All lines up to and including the one that contains "for option in" are to be transcribed exactly, starting from the first line of the records.

■ The data
= = = = = = =

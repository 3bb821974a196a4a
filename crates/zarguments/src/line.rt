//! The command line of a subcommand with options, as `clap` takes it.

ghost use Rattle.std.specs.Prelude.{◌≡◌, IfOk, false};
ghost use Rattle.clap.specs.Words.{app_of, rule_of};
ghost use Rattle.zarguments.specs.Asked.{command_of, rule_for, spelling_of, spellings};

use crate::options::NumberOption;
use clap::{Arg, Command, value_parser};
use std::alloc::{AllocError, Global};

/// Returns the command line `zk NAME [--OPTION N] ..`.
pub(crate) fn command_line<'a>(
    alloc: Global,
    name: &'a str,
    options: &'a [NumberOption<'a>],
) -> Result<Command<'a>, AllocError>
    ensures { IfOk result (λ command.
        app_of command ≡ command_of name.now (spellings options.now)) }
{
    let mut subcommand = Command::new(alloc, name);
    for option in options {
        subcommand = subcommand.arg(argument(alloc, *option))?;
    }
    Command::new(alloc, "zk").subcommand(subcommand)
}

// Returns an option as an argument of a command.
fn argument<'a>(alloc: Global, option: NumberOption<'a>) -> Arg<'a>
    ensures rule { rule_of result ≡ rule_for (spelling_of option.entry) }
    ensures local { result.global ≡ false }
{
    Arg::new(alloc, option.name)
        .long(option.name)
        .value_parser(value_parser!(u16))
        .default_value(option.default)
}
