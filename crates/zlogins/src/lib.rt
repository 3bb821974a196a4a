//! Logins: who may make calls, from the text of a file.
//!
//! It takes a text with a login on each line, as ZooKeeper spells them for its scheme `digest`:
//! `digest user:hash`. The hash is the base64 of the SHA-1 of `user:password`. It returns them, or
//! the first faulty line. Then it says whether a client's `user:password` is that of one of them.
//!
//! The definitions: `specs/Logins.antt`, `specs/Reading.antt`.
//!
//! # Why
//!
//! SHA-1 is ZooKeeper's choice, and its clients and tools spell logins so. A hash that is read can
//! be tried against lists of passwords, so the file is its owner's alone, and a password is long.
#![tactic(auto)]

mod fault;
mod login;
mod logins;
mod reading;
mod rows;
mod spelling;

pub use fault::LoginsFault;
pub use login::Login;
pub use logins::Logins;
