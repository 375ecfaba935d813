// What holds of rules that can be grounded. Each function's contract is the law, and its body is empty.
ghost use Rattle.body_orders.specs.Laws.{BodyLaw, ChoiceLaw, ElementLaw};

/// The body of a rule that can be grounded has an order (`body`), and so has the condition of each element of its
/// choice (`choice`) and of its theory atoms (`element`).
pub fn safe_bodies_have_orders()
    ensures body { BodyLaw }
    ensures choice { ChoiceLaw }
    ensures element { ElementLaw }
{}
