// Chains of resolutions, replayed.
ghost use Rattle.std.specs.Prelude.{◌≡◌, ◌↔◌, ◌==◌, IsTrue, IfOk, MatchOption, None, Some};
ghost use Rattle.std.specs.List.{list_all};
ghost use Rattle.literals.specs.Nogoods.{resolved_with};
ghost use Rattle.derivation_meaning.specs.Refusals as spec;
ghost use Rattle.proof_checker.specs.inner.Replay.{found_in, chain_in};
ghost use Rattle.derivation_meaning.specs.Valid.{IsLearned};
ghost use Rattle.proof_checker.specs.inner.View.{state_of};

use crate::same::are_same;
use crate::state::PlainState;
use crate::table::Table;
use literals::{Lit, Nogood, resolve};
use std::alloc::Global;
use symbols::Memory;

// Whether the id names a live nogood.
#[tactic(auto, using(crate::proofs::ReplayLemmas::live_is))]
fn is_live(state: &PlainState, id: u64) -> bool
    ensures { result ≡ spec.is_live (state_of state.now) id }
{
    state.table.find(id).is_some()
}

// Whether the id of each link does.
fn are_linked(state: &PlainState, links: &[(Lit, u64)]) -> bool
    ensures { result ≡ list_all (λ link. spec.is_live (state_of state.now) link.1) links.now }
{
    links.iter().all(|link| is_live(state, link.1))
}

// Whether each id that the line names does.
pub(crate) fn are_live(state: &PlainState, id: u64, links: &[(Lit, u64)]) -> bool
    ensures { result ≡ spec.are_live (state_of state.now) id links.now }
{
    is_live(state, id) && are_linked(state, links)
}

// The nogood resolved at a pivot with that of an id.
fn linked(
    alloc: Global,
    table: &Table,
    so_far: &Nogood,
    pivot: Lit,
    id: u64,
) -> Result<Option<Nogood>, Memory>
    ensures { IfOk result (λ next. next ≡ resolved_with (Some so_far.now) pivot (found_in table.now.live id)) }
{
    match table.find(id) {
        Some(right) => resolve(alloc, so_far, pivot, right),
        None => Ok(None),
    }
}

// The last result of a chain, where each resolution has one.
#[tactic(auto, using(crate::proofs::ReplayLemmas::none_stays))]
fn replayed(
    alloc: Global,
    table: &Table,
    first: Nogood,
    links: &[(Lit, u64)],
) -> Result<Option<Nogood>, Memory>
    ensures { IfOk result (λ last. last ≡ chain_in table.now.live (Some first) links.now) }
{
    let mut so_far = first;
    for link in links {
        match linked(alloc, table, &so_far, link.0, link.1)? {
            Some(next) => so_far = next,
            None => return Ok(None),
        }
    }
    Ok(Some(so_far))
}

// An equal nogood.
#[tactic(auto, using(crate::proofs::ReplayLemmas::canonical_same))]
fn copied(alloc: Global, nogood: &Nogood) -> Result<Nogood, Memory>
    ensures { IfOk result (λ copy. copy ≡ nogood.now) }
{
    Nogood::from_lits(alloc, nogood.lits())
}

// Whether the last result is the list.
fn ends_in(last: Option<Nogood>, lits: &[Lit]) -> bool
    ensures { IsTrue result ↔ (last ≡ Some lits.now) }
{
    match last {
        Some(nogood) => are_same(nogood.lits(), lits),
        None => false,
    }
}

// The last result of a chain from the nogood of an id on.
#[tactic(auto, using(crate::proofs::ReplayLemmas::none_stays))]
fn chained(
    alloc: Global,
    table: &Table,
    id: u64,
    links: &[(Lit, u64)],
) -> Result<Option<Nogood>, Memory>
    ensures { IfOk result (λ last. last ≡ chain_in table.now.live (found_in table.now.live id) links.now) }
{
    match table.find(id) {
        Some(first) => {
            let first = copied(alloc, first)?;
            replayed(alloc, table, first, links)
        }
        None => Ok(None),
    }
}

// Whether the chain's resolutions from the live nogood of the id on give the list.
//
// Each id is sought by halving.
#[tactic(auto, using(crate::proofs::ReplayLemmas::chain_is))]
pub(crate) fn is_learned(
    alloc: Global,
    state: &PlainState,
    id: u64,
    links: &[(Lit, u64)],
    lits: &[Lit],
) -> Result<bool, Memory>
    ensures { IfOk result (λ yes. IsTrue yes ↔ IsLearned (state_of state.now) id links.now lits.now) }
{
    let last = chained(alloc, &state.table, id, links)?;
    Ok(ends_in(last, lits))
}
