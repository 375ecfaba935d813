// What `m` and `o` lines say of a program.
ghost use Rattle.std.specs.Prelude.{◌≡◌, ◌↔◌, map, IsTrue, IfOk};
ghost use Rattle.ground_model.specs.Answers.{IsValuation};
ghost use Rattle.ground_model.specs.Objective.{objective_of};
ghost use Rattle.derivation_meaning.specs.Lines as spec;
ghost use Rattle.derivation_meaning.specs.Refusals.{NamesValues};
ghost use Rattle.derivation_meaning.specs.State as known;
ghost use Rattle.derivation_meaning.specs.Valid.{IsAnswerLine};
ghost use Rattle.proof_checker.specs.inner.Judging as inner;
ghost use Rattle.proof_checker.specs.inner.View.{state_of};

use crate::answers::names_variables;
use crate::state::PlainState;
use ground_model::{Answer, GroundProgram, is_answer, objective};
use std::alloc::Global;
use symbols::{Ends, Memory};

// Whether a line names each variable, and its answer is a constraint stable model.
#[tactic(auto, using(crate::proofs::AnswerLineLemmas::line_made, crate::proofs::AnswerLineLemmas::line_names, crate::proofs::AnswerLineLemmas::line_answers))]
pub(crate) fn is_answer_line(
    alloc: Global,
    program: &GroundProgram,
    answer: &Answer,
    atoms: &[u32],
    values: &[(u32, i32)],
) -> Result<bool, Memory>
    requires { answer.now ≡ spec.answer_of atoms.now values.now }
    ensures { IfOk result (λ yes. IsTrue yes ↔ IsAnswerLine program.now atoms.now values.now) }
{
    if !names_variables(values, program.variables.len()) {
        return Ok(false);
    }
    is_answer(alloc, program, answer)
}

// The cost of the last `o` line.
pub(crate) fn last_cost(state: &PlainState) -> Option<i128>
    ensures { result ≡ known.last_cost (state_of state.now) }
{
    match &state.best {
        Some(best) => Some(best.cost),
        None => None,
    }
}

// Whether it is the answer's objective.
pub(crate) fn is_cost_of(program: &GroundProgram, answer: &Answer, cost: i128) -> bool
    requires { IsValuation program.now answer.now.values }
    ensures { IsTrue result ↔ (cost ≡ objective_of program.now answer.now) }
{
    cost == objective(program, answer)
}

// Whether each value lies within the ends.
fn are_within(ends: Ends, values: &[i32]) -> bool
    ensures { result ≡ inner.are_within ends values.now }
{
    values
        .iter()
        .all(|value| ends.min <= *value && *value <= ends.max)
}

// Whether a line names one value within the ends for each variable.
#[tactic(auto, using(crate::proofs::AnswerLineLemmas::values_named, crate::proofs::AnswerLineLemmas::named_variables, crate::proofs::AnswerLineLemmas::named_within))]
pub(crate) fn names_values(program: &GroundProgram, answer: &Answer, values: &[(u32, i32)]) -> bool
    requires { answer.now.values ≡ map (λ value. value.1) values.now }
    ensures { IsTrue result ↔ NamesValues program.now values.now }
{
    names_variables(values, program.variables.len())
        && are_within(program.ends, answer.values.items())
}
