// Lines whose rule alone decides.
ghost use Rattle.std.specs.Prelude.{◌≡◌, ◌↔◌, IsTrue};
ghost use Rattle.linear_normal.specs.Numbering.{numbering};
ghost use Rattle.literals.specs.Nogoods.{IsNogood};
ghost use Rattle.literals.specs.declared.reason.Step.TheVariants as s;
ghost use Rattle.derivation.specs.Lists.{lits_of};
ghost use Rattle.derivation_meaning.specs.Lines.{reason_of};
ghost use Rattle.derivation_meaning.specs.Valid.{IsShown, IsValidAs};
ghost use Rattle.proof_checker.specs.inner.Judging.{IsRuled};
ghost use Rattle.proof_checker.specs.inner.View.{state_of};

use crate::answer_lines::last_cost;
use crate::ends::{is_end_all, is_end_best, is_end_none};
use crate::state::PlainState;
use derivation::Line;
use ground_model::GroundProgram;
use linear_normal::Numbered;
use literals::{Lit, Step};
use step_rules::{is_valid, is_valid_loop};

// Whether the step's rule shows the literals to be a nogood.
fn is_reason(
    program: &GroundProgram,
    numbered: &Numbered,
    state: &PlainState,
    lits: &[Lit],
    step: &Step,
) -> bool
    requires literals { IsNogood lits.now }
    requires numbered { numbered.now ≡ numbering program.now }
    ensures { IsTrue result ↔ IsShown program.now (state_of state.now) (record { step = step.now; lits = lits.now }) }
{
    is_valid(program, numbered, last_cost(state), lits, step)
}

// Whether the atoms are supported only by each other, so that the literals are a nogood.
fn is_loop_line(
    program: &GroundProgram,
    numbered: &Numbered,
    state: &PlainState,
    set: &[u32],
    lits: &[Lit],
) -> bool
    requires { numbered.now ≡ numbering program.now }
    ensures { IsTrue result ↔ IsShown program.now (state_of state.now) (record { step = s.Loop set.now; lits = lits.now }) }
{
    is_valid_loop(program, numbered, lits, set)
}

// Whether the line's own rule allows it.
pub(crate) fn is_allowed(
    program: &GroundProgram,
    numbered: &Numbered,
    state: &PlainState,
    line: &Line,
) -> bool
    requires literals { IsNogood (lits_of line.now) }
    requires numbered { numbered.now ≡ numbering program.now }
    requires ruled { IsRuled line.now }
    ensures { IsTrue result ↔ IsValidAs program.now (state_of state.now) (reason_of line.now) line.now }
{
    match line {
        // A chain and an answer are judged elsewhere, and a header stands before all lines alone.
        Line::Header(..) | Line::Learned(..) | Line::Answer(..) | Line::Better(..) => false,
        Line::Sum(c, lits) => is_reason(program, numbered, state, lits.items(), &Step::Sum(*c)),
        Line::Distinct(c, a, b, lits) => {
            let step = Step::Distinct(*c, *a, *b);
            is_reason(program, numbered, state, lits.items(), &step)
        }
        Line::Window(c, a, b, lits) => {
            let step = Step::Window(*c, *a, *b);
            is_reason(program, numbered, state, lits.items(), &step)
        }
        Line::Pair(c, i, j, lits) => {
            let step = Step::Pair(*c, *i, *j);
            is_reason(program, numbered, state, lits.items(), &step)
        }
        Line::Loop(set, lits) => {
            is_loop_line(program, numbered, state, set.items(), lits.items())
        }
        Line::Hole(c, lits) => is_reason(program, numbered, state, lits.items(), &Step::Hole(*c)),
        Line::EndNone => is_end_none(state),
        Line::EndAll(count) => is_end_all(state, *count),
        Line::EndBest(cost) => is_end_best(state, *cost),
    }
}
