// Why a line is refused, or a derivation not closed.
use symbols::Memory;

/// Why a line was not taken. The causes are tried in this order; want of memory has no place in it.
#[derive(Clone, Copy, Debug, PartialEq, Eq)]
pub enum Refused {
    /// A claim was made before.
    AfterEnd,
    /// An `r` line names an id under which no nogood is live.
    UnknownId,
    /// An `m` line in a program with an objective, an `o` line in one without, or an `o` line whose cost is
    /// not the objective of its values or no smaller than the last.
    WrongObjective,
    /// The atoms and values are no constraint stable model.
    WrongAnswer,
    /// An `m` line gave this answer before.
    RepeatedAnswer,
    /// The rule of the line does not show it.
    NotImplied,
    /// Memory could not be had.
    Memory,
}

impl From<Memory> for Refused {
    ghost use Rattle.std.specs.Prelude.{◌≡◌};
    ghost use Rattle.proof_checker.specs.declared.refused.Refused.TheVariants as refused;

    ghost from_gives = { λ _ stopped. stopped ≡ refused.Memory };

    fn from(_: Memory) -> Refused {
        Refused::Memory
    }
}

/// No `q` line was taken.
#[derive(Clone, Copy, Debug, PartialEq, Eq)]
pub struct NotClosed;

= = = = = = =

■ Answer section
repository 3bb821974a196a4a
filename crates/zarguments/src/line.rt
//! The command line of a subcommand with options, as `clap` takes it.

ghost use Rattle.std.specs.Prelude.{◌≡◌, IfOk, false};
ghost use Rattle.clap.specs.Words.{app_of, rule_of};
ghost use Rattle.zarguments.specs.Asked.{command_of, rule_for, spelling_of, spellings};

use crate::options::NumberOption;
use clap::{Arg, Command, value_parser};
use std::alloc::{AllocError, Global};

/// Returns the command line `zk NAME [--OPTION N] ..`.
pub(crate) fn command_line<'a>(
    alloc: Global,
    name: &'a str,
    options: &'a [NumberOption<'a>],
) -> Result<Command<'a>, AllocError>
    ensures { IfOk result (λ command.
        app_of command ≡ command_of name.now (spellings options.now)) }
{
    let mut subcommand = Command::new(alloc, name);
    for option in options {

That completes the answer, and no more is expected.